Task directions:
In the entries below, how many lines hold the string "they"? Give only the number.
(Beginning of Material provided)
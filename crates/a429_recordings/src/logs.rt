//! Logs: which of their words are taken, and how they are read.
ghost use Rattle.std.specs.Prelude.{◌≡◌};
ghost use Rattle.a429_arguments.specs.Requests.{asked_of};
ghost use Rattle.a429_recordings.specs.SimulationReplies.{IsReadingFor, clock_from};

pub mod keeping;
pub mod views;

use a429_arguments::options::OptionName;
use a429_arguments::requests::Asked;
use a429_arguments::times::LogOrigin;
use a429_logs::{Clock, Reading};

/// The clock that reads times as they are, or counts them from that of the first word.
fn clock_from(from: LogOrigin) -> Clock
    ensures { result ≡ clock_from from }
{
    match from {
        LogOrigin::Time(_) => Clock::from_time(0),
        LogOrigin::First => Clock::from_first(),
    }
}

/// How the first line of a log is read, as the request asks for it.
pub fn reading_for<'a>(asked: &'a Asked<'_>) -> Reading<'a>
    ensures { IsReadingFor (asked_of asked.now).given result }
{
    Reading::new(asked.unit(), clock_from(asked.origin()))
        .with_order(asked.order())
        .with_dates(asked.dates())
        .with_renames(asked.texts(OptionName::Map))
}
(End of Material provided)
Answer to this problem:
2